[Work request] Among the lines below, list those containing the string "None".

::: Material to process :::

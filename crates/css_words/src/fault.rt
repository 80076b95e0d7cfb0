ghost use Rattle.std.specs.Prelude.{◌≡◌};
ghost use Rattle.clap.specs.Words.{kind_of};
ghost use Rattle.css_words.specs.Faults.{address_fault, parse_fault};
ghost use Rattle.css_words.specs.declared.fault.WordsFault.TheVariants as faults;

use clap::error::ErrorKind;
use css_address::AddressFault;
use css_num::Memory;
use std::alloc::AllocError;
use std::error::Error;
use std::fmt;

/// Why words give no command.
#[derive(Clone, Copy, Debug, PartialEq, Eq)]
pub enum WordsFault {
    /// They are the words of no command.
    Usage,
    /// Memory ran out.
    Memory,
}

impl fmt::Display for WordsFault {
    ghost use Rattle.std.specs.Prelude.{Some};
    ghost use Rattle.css_words.specs.Faults.{fault_words};

    ghost output = { λ fault. Some (fault_words fault) };

    fn fmt<W: fmt::Write>(&self, f: &mut fmt::Formatter<W>) -> fmt::Result {
        match self {
            WordsFault::Usage => f.write_str("usage"),
            WordsFault::Memory => Memory.fmt(f),
        }
    }
}

impl Error for WordsFault {}

impl From<Memory> for WordsFault {
    ghost from_gives = { λ _ fault. fault ≡ faults.Memory };

    fn from(_: Memory) -> WordsFault {
        WordsFault::Memory
    }
}

impl From<AllocError> for WordsFault {
    ghost from_gives = { λ _ fault. fault ≡ faults.Memory };

    fn from(_: AllocError) -> WordsFault {
        WordsFault::Memory
    }
}

impl From<clap::Error> for WordsFault {
    ghost from_gives = { λ error fault. fault ≡ parse_fault (kind_of error) };

    fn from(error: clap::Error) -> WordsFault {
        match error.kind() {
            ErrorKind::OutOfMemory => WordsFault::Memory,
            _ => WordsFault::Usage,
        }
    }
}

impl From<AddressFault> for WordsFault {
    ghost from_gives = { λ error fault. fault ≡ address_fault error };

    fn from(error: AddressFault) -> WordsFault {
        match error {
            AddressFault::Bad => WordsFault::Usage,
            AddressFault::Memory => WordsFault::Memory,
        }
    }
}
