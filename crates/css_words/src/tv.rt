ghost use Rattle.std.specs.Prelude.{◌≡◌, ◌≤◌, IfOk, map, string_bytes, pos, ◌≤ℤ◌, Ok};
ghost use Rattle.std.specs.Str.{IsUtf8};
ghost use Rattle.clap.specs.Words.{found_of, rows_of};
ghost use Rattle.css_num.specs.Gives.{GivesBy};
ghost use Rattle.css_outside.specs.Limits.{IsLimit};
ghost use Rattle.css_words.specs.Tv as tv;
ghost use Rattle.css_words.specs.declared.fault.WordsFault.TheVariants as faults;

use crate::fault::WordsFault;
use crate::options::{
    Matches, NumberOption, is_set, matches_of, number_in, number_or, text_given, text_given_or,
};
use crate::words::TvWords;
use clap::ArgMatches;
use css_address::{Kind, address};
use css_num::{Text, signed_number};
use css_outside::Limit;
use std::alloc::Global;

pub static OPTIONS: [&str; 6] = ["port", "turns", "seconds", "precision", "error", "host"];

/// The flags of a television, whether a companion stands beside it or not.
pub static FLAGS: [&str; 2] = ["follow", "relative"];

/// The host of a television that only its own machine can reach.
pub const LOCAL_HOST: &str = "127.0.0.1";

pub const PORT: NumberOption = NumberOption {
    name: "port",
    default: 6677,
    least: 1024,
    most: 65_534,
};

pub const ERROR: NumberOption = NumberOption {
    name: "error",
    default: 128_000,
    least: 0,
    most: 25_600_000,
};

/// How many turns a run makes where no limit is given.
const DEFAULT_TURNS: u64 = 10_000;

pub const MOST_TURNS: u64 = 1_000_000;

/// A year of 365 days.
pub const MOST_SECONDS: u64 = 31_536_000;

pub const LEAST_PRECISION: i64 = -128;

pub const MOST_PRECISION: i64 = 30;

const DEFAULT_PRECISION: i8 = -20;

// The exponent of a precision, -128 to 30, that a text spells.
#[tactic(auto, unfolding(crate::specs::Tv::precision_in))]
fn precision_in(text: &str) -> Result<i8, WordsFault>
    ensures value { result ≡ tv.precision_in text.now }
    ensures most { IfOk result (λ precision. precision ≤ℤ pos 30) }
{
    let precision = signed_number(text.as_bytes(), 3).ok_or(WordsFault::Usage)?;
    if precision < LEAST_PRECISION {
        return Err(WordsFault::Usage);
    }
    if precision > MOST_PRECISION {
        return Err(WordsFault::Usage);
    }
    Ok(precision as i8)
}

/// The precision, or that of a television that isn't told one.
pub fn precision(matches: &ArgMatches<'_>) -> Result<i8, WordsFault>
    ensures value { result ≡ tv.precision (rows_of (found_of matches.now)) }
    ensures most { IfOk result (λ precision. precision ≤ℤ pos 30) }
{
    match text_given(matches, "precision") {
        None => Ok(DEFAULT_PRECISION),
        Some(text) => precision_in(text),
    }
}

/// The port.
pub fn port(matches: &ArgMatches<'_>) -> Result<u16, WordsFault>
    ensures value { result ≡ tv.port (rows_of (found_of matches.now)) }
    ensures least { IfOk result (λ port. 1024 ≤ port) }
    ensures most { IfOk result (λ port. port ≤ 65534) }
{
    let port = number_or(matches, PORT)?;
    Ok(port as u16)
}

// The greatest frequency error.
fn error(matches: &ArgMatches<'_>) -> Result<u32, WordsFault>
    ensures value { result ≡ tv.error (rows_of (found_of matches.now)) }
    ensures most { IfOk result (λ error. error ≤ 25600000) }
{
    let error = number_or(matches, ERROR)?;
    Ok(error as u32)
}

/// How long a run goes on: by turns or by seconds, and not by both.
pub fn limit(matches: &ArgMatches<'_>) -> Result<Limit, WordsFault>
    ensures value { result ≡ tv.limit (rows_of (found_of matches.now)) }
    ensures range { IfOk result IsLimit }
{
    match (text_given(matches, "turns"), text_given(matches, "seconds")) {
        (None, None) => Ok(Limit::Turns(DEFAULT_TURNS)),
        (Some(turns), None) => Ok(Limit::Turns(number_in(turns, 1, MOST_TURNS)?)),
        (None, Some(seconds)) => Ok(Limit::Seconds(number_in(seconds, 1, MOST_SECONDS)?)),
        (Some(_), Some(_)) => Err(WordsFault::Usage),
    }
}

// The URL of the session of CSS-CII at this host and port.
fn cii_url(alloc: Global, host: &[u8], port: u16) -> Result<Text, WordsFault>
    ensures { GivesBy (λ url. url) faults.Memory result (Ok (tv.cii_url host.now port)) }
{
    let mut url = Text::of(alloc, b"ws://")?;
    url.push(host)?;
    url.push(b":")?;
    url.push_number(i128::from(port))?;
    url.push(b"/cii")?;
    Ok(url)
}

/// That companions can dial this host.
pub fn check_host(alloc: Global, host: &[u8], port: u16) -> Result<(), WordsFault>
    ensures { GivesBy (λ checked. checked) faults.Memory result (tv.dialled (tv.cii_url host.now port)) }
{
    let url = cii_url(alloc, host, port)?;
    let address = address(alloc, Kind::Cii, url.bytes())?;
    drop(address);
    Ok(())
}

/// The television that the options ask for, at a host.
#[tactic(auto, unfolding(crate::specs::Tv::tv_at))]
pub fn tv_at(matches: &ArgMatches<'_>, host: Text) -> Result<TvWords, WordsFault>
    requires { IsUtf8 host }
    ensures value { GivesBy tv.tv_of faults.Memory result (tv.tv_at host (rows_of (found_of matches.now))) }
    ensures utf8 { IfOk result (λ words. IsUtf8 words.host) }
{
    let port = port(matches)?;
    let limit = limit(matches)?;
    let precision = precision(matches)?;
    let error = error(matches)?;
    let follow = is_set(matches, "follow");
    let relative = is_set(matches, "relative");
    Ok(TvWords {
        port,
        limit,
        precision,
        error,
        follow,
        relative,
        host,
    })
}

fn tv_matches<'a>(alloc: Global, words: &'a [String]) -> Result<Matches<'a>, WordsFault>
    ensures { GivesBy (λ matches. rows_of (found_of matches.all)) faults.Memory result
        (tv.tv_rows (map string_bytes words.entry.now)) }
{
    matches_of(alloc, OPTIONS.as_slice(), FLAGS.as_slice(), words)
}

/// The television that the words of `tv` ask for.
#[tactic(auto, unfolding(crate::specs::Tv::tv_in))]
pub fn tv_words(alloc: Global, words: &[String]) -> Result<TvWords, WordsFault>
    ensures value { GivesBy tv.tv_of faults.Memory result (tv.tv_in (map string_bytes words.now)) }
    ensures utf8 { IfOk result (λ words. IsUtf8 words.host) }
{
    let matches = tv_matches(alloc, words)?;
    let host = Text::of(
        alloc,
        text_given_or(&matches.all, "host", LOCAL_HOST).as_bytes(),
    )?;
    let asked = tv_at(&matches.all, host)?;
    check_host(alloc, asked.host.bytes(), asked.port)?;
    Ok(asked)
}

:::

[Final answer]
        None => Ok(DEFAULT_PRECISION),
        (None, None) => Ok(Limit::Turns(DEFAULT_TURNS)),
        (Some(turns), None) => Ok(Limit::Turns(number_in(turns, 1, MOST_TURNS)?)),
        (None, Some(seconds)) => Ok(Limit::Seconds(number_in(seconds, 1, MOST_SECONDS)?)),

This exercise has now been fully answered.